Second, while the older leaders associated with the temple movement may have faded away, a new generation of leaders in the BJP emerged for whom the late 1980s and early 1990s served as crucial years of political socialisation.
The most-prominent example is, of course, Narendra Modi. Involved in organising a part of Advani’s Rath Yatra, Modi’s political life was to have a close overlap with the aftermath of the demolition, although it was only in the early 2000s that he took the first tangible step towards where he is now, when he was named chief minister of Gujarat. The fact that the temple construction was allowed when he was PM, and he did the bhoomi pujan for the temple, is also in sync with his older association with the movement. Arguably, if there was no Ram Janmabhoomi temple agitation, the BJP is unlikely to have become the force it has, and Modi may not be where he is today.
Third, the demolition began the process of the alienation of Muslims from the national mainstream. Invested in the promise of India’s constitutional, secular, republican democracy, December 6, 1992, came as a shock to the community. Muslims remained committed to the electoral route, backing parties which they saw as more sensitive to their interests. This yielded dividends for the community — with the Samajwadi Party in Uttar Pradesh, or the Janata Dal (subsequently Rashtriya Janata Dal) in Bihar, or even the Congress nationally benefiting from the support of Muslims.
But the entire electoral logic of minority consolidation propelled a majoritarian consolidation as well, as reflected in the 2014 and 2019 national elections. Muslims today have the least political representation at the national level than at any point in Indian history. The community has been living under a sense of siege. And the recent irrelevance of the Muslim vote has been accompanied with an effort to silence their voices in the public sphere. There may have been no riots after last year’s court verdict on the temple — but make no mistake, the Muslim mood is sullen. And Hindu-Muslim relations are in a deeply troubling state.

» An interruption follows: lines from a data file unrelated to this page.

//! The types of a scope that were passed, by their keys and with their ids.

ghost use Rattle.std.specs.Prelude.{◌≡◌, ◌++◌, ◌∷◌, [], List, OnOk, IfOk, IsSome, None, length, option_map};
ghost use Rattle.comp_model.specs.declared.row.Row.{Row as Rows};
ghost use Rattle.comp_model.specs.Model.{Leaves};
ghost use Rattle.comp_model.specs.Origins.{Origin};
ghost use Rattle.comp_tree.specs.Model.{id_of};
ghost use Rattle.type_keys.specs.Keys.{Part, part_type, type_key, first_key, first_equal, LeavesPassed};
ghost use Rattle.type_keys.specs.Shown.{KeysShow};
ghost use Rattle.type_keys.specs.PartsOf.{part_of};
ghost use Rattle.tree_expand.specs.KeyParts.{KeyShows};
ghost use Rattle.tree_expand.specs.Known.{Shows};
ghost use Rattle.tree_expand.specs.Passed.{Noted, types_in};

use std::alloc::{AllocError, Global};
use type_keys::{KeyPart, TypeKey, Types};
use wast_parser::Id;

/// The types of a scope so far, in the order of their marks: the number of each key, and the id of each definition.
#[derive(Drop)]
pub(crate) struct Known<'a> {
    pub(crate) types: Types<'a>,
    pub(crate) ids: Vec<Option<Id<'a>>>,
}

/// Puts a part behind those of a key, if there is one.
pub(crate) fn push_part<'a>(
    key: &mut Option<TypeKey<'a>>,
    part: KeyPart<'a>,
) -> Result<(), AllocError>
    ensures { (ps : List Part) → KeyShows key.old ps → OnOk result (KeyShows key.new (ps ++ part_of part.entry ∷ [])) }
{
    match key {
        Some(key) => key.push(part),
        None => Ok(()),
    }
}

/// Puts the number of an inline type behind the parts of a key; where there is none, the key is equal to none from here on.
pub(crate) fn push_type<'a>(
    key: &mut Option<TypeKey<'a>>,
    number: Option<u32>,
) -> Result<(), AllocError>
    ensures { (ps : List Part) → KeyShows key.old ps → OnOk result (KeyShows key.new (ps ++ part_type number ∷ [])) }
{
    match number {
        Some(number) => push_part(key, KeyPart::Inline(number)),
        None => {
            *key = None;
            Ok(())
        }
    }
}

/// How many ids there are. It is refused beyond 2^32.
fn count<'a>(ids: &[Option<Id<'a>>]) -> Result<u32, AllocError>
    ensures { IfOk result (λ n. n ≡ length ids.now) }
{
    match u32::try_from(ids.len()) {
        Ok(number) => Ok(number),
        Err(_) => Err(AllocError),
    }
}

/// Notes a key under this number, if there is one; one that is missing is equal to none.
fn note_key<'a>(
    types: &mut Types<'a>,
    key: Option<TypeKey<'a>>,
    number: u32,
) -> Result<(), AllocError>
    ensures { (ks : List (List Part)) (q : List Part) → KeysShow types.old ks → KeyShows key.entry q → first_key q ks ≡ None → length ks ≡ number → OnOk result (KeysShow types.new (ks ++ q ∷ [])) }
{
    match key {
        Some(key) => types.note(key, number),
        None => Ok(()),
    }
}

impl<'a> Known<'a> {
    /// None. It takes no memory.
    pub(crate) fn new(alloc: Global) -> Known<'a>
        ensures { Shows result [] }
    {
        Known {
            types: Types::new(alloc),
            ids: Vec::new(alloc),
        }
    }

    /// The number of the first type with this key; `None` where there is none, or no key.
    pub(crate) fn find(&self, key: &Option<TypeKey<'a>>) -> Option<u32>
        ensures { (xs : List Noted) (t : Rows) (ls : Leaves) → Shows self.now xs → KeyShows key.now (type_key (types_in xs) t ls) → LeavesPassed (types_in xs) ls → result ≡ first_equal t ls (types_in xs) }
    {
        match key {
            Some(key) => self.types.find(key),
            None => None,
        }
    }

    /// Notes a type of which there is no equal one, and the id of its definition; answers its number. It is refused beyond 2^32 types.
    pub(crate) fn note(
        &mut self,
        key: Option<TypeKey<'a>>,
        id: Option<Id<'a>>,
    ) -> Result<u32, AllocError>
        ensures number { (xs : List Noted) → Shows self.old xs → IfOk result (λ n. n ≡ length xs) }
        ensures noted { (xs : List Noted) (o : Origin) (t : Rows) (ls : Leaves) → Shows self.old xs → KeyShows key.entry (type_key (types_in xs) t ls) → LeavesPassed (types_in xs) ls → first_equal t ls (types_in xs) ≡ None → OnOk result (Shows self.new (xs ++ record { typed = record { origin = o; tag = t; leaves = ls }; id = option_map id_of id.entry } ∷ [])) }
    {
        let number = count(&self.ids)?;
        note_key(&mut self.types, key, number)?;
        self.ids.push(id)?;
        Ok(number)
    }

    /// Notes a type to which an earlier one is equal, and the id of its definition.
    pub(crate) fn again(&mut self, id: Option<Id<'a>>) -> Result<(), AllocError>
        ensures { (xs : List Noted) (o : Origin) (t : Rows) (ls : Leaves) → Shows self.old xs → LeavesPassed (types_in xs) ls → IsSome (first_equal t ls (types_in xs)) → OnOk result (Shows self.new (xs ++ record { typed = record { origin = o; tag = t; leaves = ls }; id = option_map id_of id.entry } ∷ [])) }
    {
        self.ids.push(id)?;
        Ok(())
    }

    /// Notes a type, and the id of its definition.
    pub(crate) fn add(
        &mut self,
        key: Option<TypeKey<'a>>,
        id: Option<Id<'a>>,
    ) -> Result<(), AllocError>
        ensures { (xs : List Noted) (o : Origin) (t : Rows) (ls : Leaves) → Shows self.old xs → KeyShows key.entry (type_key (types_in xs) t ls) → LeavesPassed (types_in xs) ls → OnOk result (Shows self.new (xs ++ record { typed = record { origin = o; tag = t; leaves = ls }; id = option_map id_of id.entry } ∷ [])) }
    {
        match self.find(&key) {
            Some(_) => self.again(id),
            None => match self.note(key, id) {
                Ok(_) => Ok(()),
                Err(error) => Err(error),
            },
        }
    }
}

And finally, the Babri Masjid demolition seriously eroded rule of law in India, with long-lasting consequences. There is often a tension between popular politics and law. Mass politics does not always comply by strict legal boundaries, and may even seek to change the legal architecture. But laws are in place to ensure that all forces play by the rules of the game. This did not happen that day in Ayodhya — and it has enabled greater impunity for hate crimes and communal violence, especially under political cover, ever since.
There may or may not have been a criminal conspiracy to demolish the mosque. But it was that act on December 6, 1992, which changed Indian politics in fundamental ways.